# [WORK ITEM]
Every record has to be written out exactly, with no line missing.

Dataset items
//! Short texts, which take no memory.

ghost use Rattle.std.specs.Prelude.{◌≡◌, ◌<◌, MatchOption, length};

use std::marker::Model;
use std::str;

/// How many bytes a short text has at most: with these a word is as large as two pointers. All signs and keywords are short.
const ROOM: usize = 14;

/// A short text, whose bytes lie in the value itself. In contracts it is its bytes.
#[derive(Drop)]
pub(crate) struct Short {
    length: u8,
    bytes: [u8; ROOM],
}

impl Model for Short {
    ghost use Rattle.std.specs.Prelude.{List, ℕ, ◌≤◌, take, IsUtf8};

    ghost Value = { List ℕ };

    ghost view = { λ s. take s.length s.bytes };

    ghost invariant = { λ s. (s.length ≤ 14) × ∥ IsUtf8 (take s.length s.bytes) ∥₁ };
}

impl Short {
    /// This text; none, where it is too long.
    pub(crate) fn new(text: &str) -> Option<Short>
        ensures { MatchOption result (14 < length text.now) (λ s. s ≡ text.now) }
    {
        let length = text.len();
        if length > ROOM {
            return None;
        }
        let mut bytes = [0; ROOM];
        bytes[..length].copy_from_slice(text.as_bytes());
        Some(Short {
            length: length as u8,
            bytes,
        })
    }

    /// Its bytes.
    pub(crate) fn as_bytes(&self) -> &[u8]
        ensures { result.now ≡ self.now }
    {
        &self.bytes[..self.length as usize]
    }

    /// Its text.
    pub(crate) fn as_str(&self) -> &str
        ensures { result.now ≡ self.now }
    {
        // They are a text's by the invariant; to test that again would be a third of what writing a word takes.
        unsafe { str::from_utf8_unchecked(&self.bytes[..self.length as usize]) }
    }
}
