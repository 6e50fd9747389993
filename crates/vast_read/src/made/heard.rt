//! What is heard of a file, and what is built of that.

ghost use Rattle.std.specs.Prelude.{◌≡◌, [], ◌∷◌, ◌++◌, IfOk, Some, option_map};
ghost use Rattle.std.proofs.Common.{sym, ap, ◌∙◌, append-nil, append_assoc};
ghost use Rattle.vast_literal.specs.NormalFile as normal;
ghost use Rattle.vast_read.specs.FileView.{file_view};
ghost use Rattle.vast_read.specs.Internal.Made.{Grown, events_heard, denoted, told_event};
ghost use Rattle.vast_rows.specs.Built.{SeenFile, happens};
ghost use Rattle.vast_rows.specs.Trace.{trace};

use crate::build::Trees;
use crate::children::Children;
use crate::made::make::make;
use crate::made::part::first;
use crate::made::value::{Path, Range, Value, Values};
use crate::phrase::{Made, Phrases};
use crate::pile::Pile;
use crate::tree::{NormalExpr, NormalFile, NormalItem};
use std::alloc::{AllocError, Global};
use vast_rows::{Action, Sink, Stack};

/// What was heard. Most of it is expressions and names, so what is larger lies in a box.
#[derive(Drop)]
pub(crate) enum Told<'t> {
    /// Something is made of what is told after it.
    Makes(Action),
    /// An expression, or what a value is assigned to.
    Expression(Box<NormalExpr>),
    /// The header of a loop.
    Loop(Box<Range<'t>>),
    /// The path of an include.
    Path(&'t str),
    /// A name.
    Names(&'t str),
}

/// All that was heard. In contracts it is the list of it, the last first.
#[derive(Drop)]
pub(crate) struct Heard<'t> {
    alloc: Global,
    pub(crate) events: Pile<Told<'t>>,
}

impl<'t> Sink<Phrases<'t, Trees>> for Heard<'t> {
    ghost after = { λ before events now.
        events_heard now.events ≡ events_heard before.events ++ events };

    #[tactic(auto, using(crate::proofs::Making::hears))]
    fn makes(&mut self, action: Action) -> Result<(), AllocError> {
        self.events.push(Told::Makes(action))
    }

    #[tactic(auto, using(crate::proofs::Making::hears))]
    fn reads(&mut self, made: Made<'t, Box<NormalExpr>>) -> Result<(), AllocError> {
        match made {
            Made::Expression(tree) => self.events.push(Told::Expression(tree)),
            Made::Loop(variable, start, end) => {
                let range = Range {
                    variable,
                    start,
                    end,
                };
                self.events.push(Told::Loop(Box::new(self.alloc, range)?))
            }
            Made::Path(path) => self.events.push(Told::Path(path)),
        }
    }

    #[tactic(auto, using(crate::proofs::Making::hears))]
    fn names(&mut self, name: &'t str) -> Result<(), AllocError> {
        self.events.push(Told::Names(name))
    }

    ghost nothing = { λ s. sym (append-nil (events_heard s.events)) };

    ghost joined = { λ s t u first second a b.
        b ∙ (ap (λ v. v ++ second) a ∙ append_assoc (events_heard s.events) first second) };
}

impl<'t> Heard<'t> {
    /// Nothing.
    pub(crate) fn new(alloc: Global) -> Heard<'t>
        ensures { result.events ≡ [] }
    {
        Heard {
            alloc,
            events: Pile::new(alloc),
        }
    }

    /// The file of which this was heard.
    pub(crate) fn file(self) -> Result<Option<NormalFile>, AllocError>
        ensures { IfOk result (λ o. (t : normal.NormalFile) →
            events_heard self.entry.events ≡ trace t [] → option_map file_view o ≡ Some t) }
    {
        let mut values = built(self.alloc, self.events)?;
        match first::<Children<NormalItem>>(&mut values) {
            Some(items) => Ok(Some(NormalFile {
                items: items.reversed(),
            })),
            None => Ok(None),
        }
    }
}

/// What the events make, from the last to the first.
fn built<'t>(alloc: Global, events: Pile<Told<'t>>) -> Result<Values<'t>, AllocError>
    ensures { IfOk result (λ values. (t : normal.NormalFile) →
        events_heard events.entry ≡ trace t [] → denoted values ≡ (SeenFile t ∷ [])) }
{
    let mut events = events;
    let mut values: Values<'t> = Stack::new(alloc);
    'events: while let Some(event) = events.pop() {
        happens(alloc, event, &mut values)?;
    }
    Ok(values)
}

/// Puts what the event makes in the place of what it makes it of.
fn happens<'t>(alloc: Global, event: Told<'t>, values: &mut Values<'t>) -> Result<(), AllocError>
    ensures { IfOk result (λ _. Grown (happens (told_event event.entry) (denoted values.old))
        values.new) }
{
    match event {
        Told::Makes(action) => make(alloc, action, values),
        Told::Expression(tree) => values.push(Value::Expression(tree)),
        Told::Loop(range) => values.push(Value::Loop(Box::into_inner(range))),
        Told::Path(text) => values.push(Value::Path(Path { text })),
        Told::Names(name) => values.push(Value::Name(name)),
    }
}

# [REPLY TO THE TASK]
//! Short texts, which take no memory.

ghost use Rattle.std.specs.Prelude.{◌≡◌, ◌<◌, MatchOption, length};

use std::marker::Model;
use std::str;

/// How many bytes a short text has at most: with these a word is as large as two pointers. All signs and keywords are short.
const ROOM: usize = 14;

/// A short text, whose bytes lie in the value itself. In contracts it is its bytes.
#[derive(Drop)]
pub(crate) struct Short {
    length: u8,
    bytes: [u8; ROOM],
}

impl Model for Short {
    ghost use Rattle.std.specs.Prelude.{List, ℕ, ◌≤◌, take, IsUtf8};

    ghost Value = { List ℕ };

    ghost view = { λ s. take s.length s.bytes };

    ghost invariant = { λ s. (s.length ≤ 14) × ∥ IsUtf8 (take s.length s.bytes) ∥₁ };
}

impl Short {
    /// This text; none, where it is too long.
    pub(crate) fn new(text: &str) -> Option<Short>
        ensures { MatchOption result (14 < length text.now) (λ s. s ≡ text.now) }
    {
        let length = text.len();
        if length > ROOM {
            return None;
        }
        let mut bytes = [0; ROOM];
        bytes[..length].copy_from_slice(text.as_bytes());
        Some(Short {
            length: length as u8,
            bytes,
        })
    }

    /// Its bytes.
    pub(crate) fn as_bytes(&self) -> &[u8]
        ensures { result.now ≡ self.now }
    {
        &self.bytes[..self.length as usize]
    }

    /// Its text.
    pub(crate) fn as_str(&self) -> &str
        ensures { result.now ≡ self.now }
    {
        // They are a text's by the invariant; to test that again would be a third of what writing a word takes.
        unsafe { str::from_utf8_unchecked(&self.bytes[..self.length as usize]) }
    }
}
repository 6e50fd9747389993
filename crates/vast_read/src/made/heard.rt
//! What is heard of a file, and what is built of that.

ghost use Rattle.std.specs.Prelude.{◌≡◌, [], ◌∷◌, ◌++◌, IfOk, Some, option_map};
ghost use Rattle.std.proofs.Common.{sym, ap, ◌∙◌, append-nil, append_assoc};
ghost use Rattle.vast_literal.specs.NormalFile as normal;
ghost use Rattle.vast_read.specs.FileView.{file_view};
ghost use Rattle.vast_read.specs.Internal.Made.{Grown, events_heard, denoted, told_event};
ghost use Rattle.vast_rows.specs.Built.{SeenFile, happens};
ghost use Rattle.vast_rows.specs.Trace.{trace};

use crate::build::Trees;
use crate::children::Children;
use crate::made::make::make;
use crate::made::part::first;
use crate::made::value::{Path, Range, Value, Values};
use crate::phrase::{Made, Phrases};
use crate::pile::Pile;
use crate::tree::{NormalExpr, NormalFile, NormalItem};
use std::alloc::{AllocError, Global};
use vast_rows::{Action, Sink, Stack};

/// What was heard. Most of it is expressions and names, so what is larger lies in a box.
#[derive(Drop)]
pub(crate) enum Told<'t> {
    /// Something is made of what is told after it.
    Makes(Action),
    /// An expression, or what a value is assigned to.
    Expression(Box<NormalExpr>),
    /// The header of a loop.
    Loop(Box<Range<'t>>),
    /// The path of an include.
    Path(&'t str),
    /// A name.
    Names(&'t str),
}

/// All that was heard. In contracts it is the list of it, the last first.
#[derive(Drop)]
pub(crate) struct Heard<'t> {
    alloc: Global,
    pub(crate) events: Pile<Told<'t>>,
}

impl<'t> Sink<Phrases<'t, Trees>> for Heard<'t> {
    ghost after = { λ before events now.
        events_heard now.events ≡ events_heard before.events ++ events };

    #[tactic(auto, using(crate::proofs::Making::hears))]
    fn makes(&mut self, action: Action) -> Result<(), AllocError> {
        self.events.push(Told::Makes(action))
    }

    #[tactic(auto, using(crate::proofs::Making::hears))]
    fn reads(&mut self, made: Made<'t, Box<NormalExpr>>) -> Result<(), AllocError> {
        match made {
            Made::Expression(tree) => self.events.push(Told::Expression(tree)),
            Made::Loop(variable, start, end) => {
                let range = Range {
                    variable,
                    start,
                    end,
                };
                self.events.push(Told::Loop(Box::new(self.alloc, range)?))
            }
            Made::Path(path) => self.events.push(Told::Path(path)),
        }
    }

    #[tactic(auto, using(crate::proofs::Making::hears))]
    fn names(&mut self, name: &'t str) -> Result<(), AllocError> {
        self.events.push(Told::Names(name))
    }

    ghost nothing = { λ s. sym (append-nil (events_heard s.events)) };

    ghost joined = { λ s t u first second a b.
        b ∙ (ap (λ v. v ++ second) a ∙ append_assoc (events_heard s.events) first second) };
}

impl<'t> Heard<'t> {
    /// Nothing.
    pub(crate) fn new(alloc: Global) -> Heard<'t>
        ensures { result.events ≡ [] }
    {
        Heard {
            alloc,
            events: Pile::new(alloc),
        }
    }

    /// The file of which this was heard.
    pub(crate) fn file(self) -> Result<Option<NormalFile>, AllocError>
        ensures { IfOk result (λ o. (t : normal.NormalFile) →
            events_heard self.entry.events ≡ trace t [] → option_map file_view o ≡ Some t) }
    {
        let mut values = built(self.alloc, self.events)?;
        match first::<Children<NormalItem>>(&mut values) {
            Some(items) => Ok(Some(NormalFile {
                items: items.reversed(),
            })),
            None => Ok(None),
        }
    }
}

/// What the events make, from the last to the first.
fn built<'t>(alloc: Global, events: Pile<Told<'t>>) -> Result<Values<'t>, AllocError>
    ensures { IfOk result (λ values. (t : normal.NormalFile) →
        events_heard events.entry ≡ trace t [] → denoted values ≡ (SeenFile t ∷ [])) }
{
    let mut events = events;
    let mut values: Values<'t> = Stack::new(alloc);
    'events: while let Some(event) = events.pop() {
        happens(alloc, event, &mut values)?;
    }
    Ok(values)
}

/// Puts what the event makes in the place of what it makes it of.
fn happens<'t>(alloc: Global, event: Told<'t>, values: &mut Values<'t>) -> Result<(), AllocError>
    ensures { IfOk result (λ _. Grown (happens (told_event event.entry) (denoted values.old))
        values.new) }
{
    match event {
        Told::Makes(action) => make(alloc, action, values),
        Told::Expression(tree) => values.push(Value::Expression(tree)),
        Told::Loop(range) => values.push(Value::Loop(Box::into_inner(range))),
        Told::Path(text) => values.push(Value::Path(Path { text })),
        Told::Names(name) => values.push(Value::Name(name)),
    }
}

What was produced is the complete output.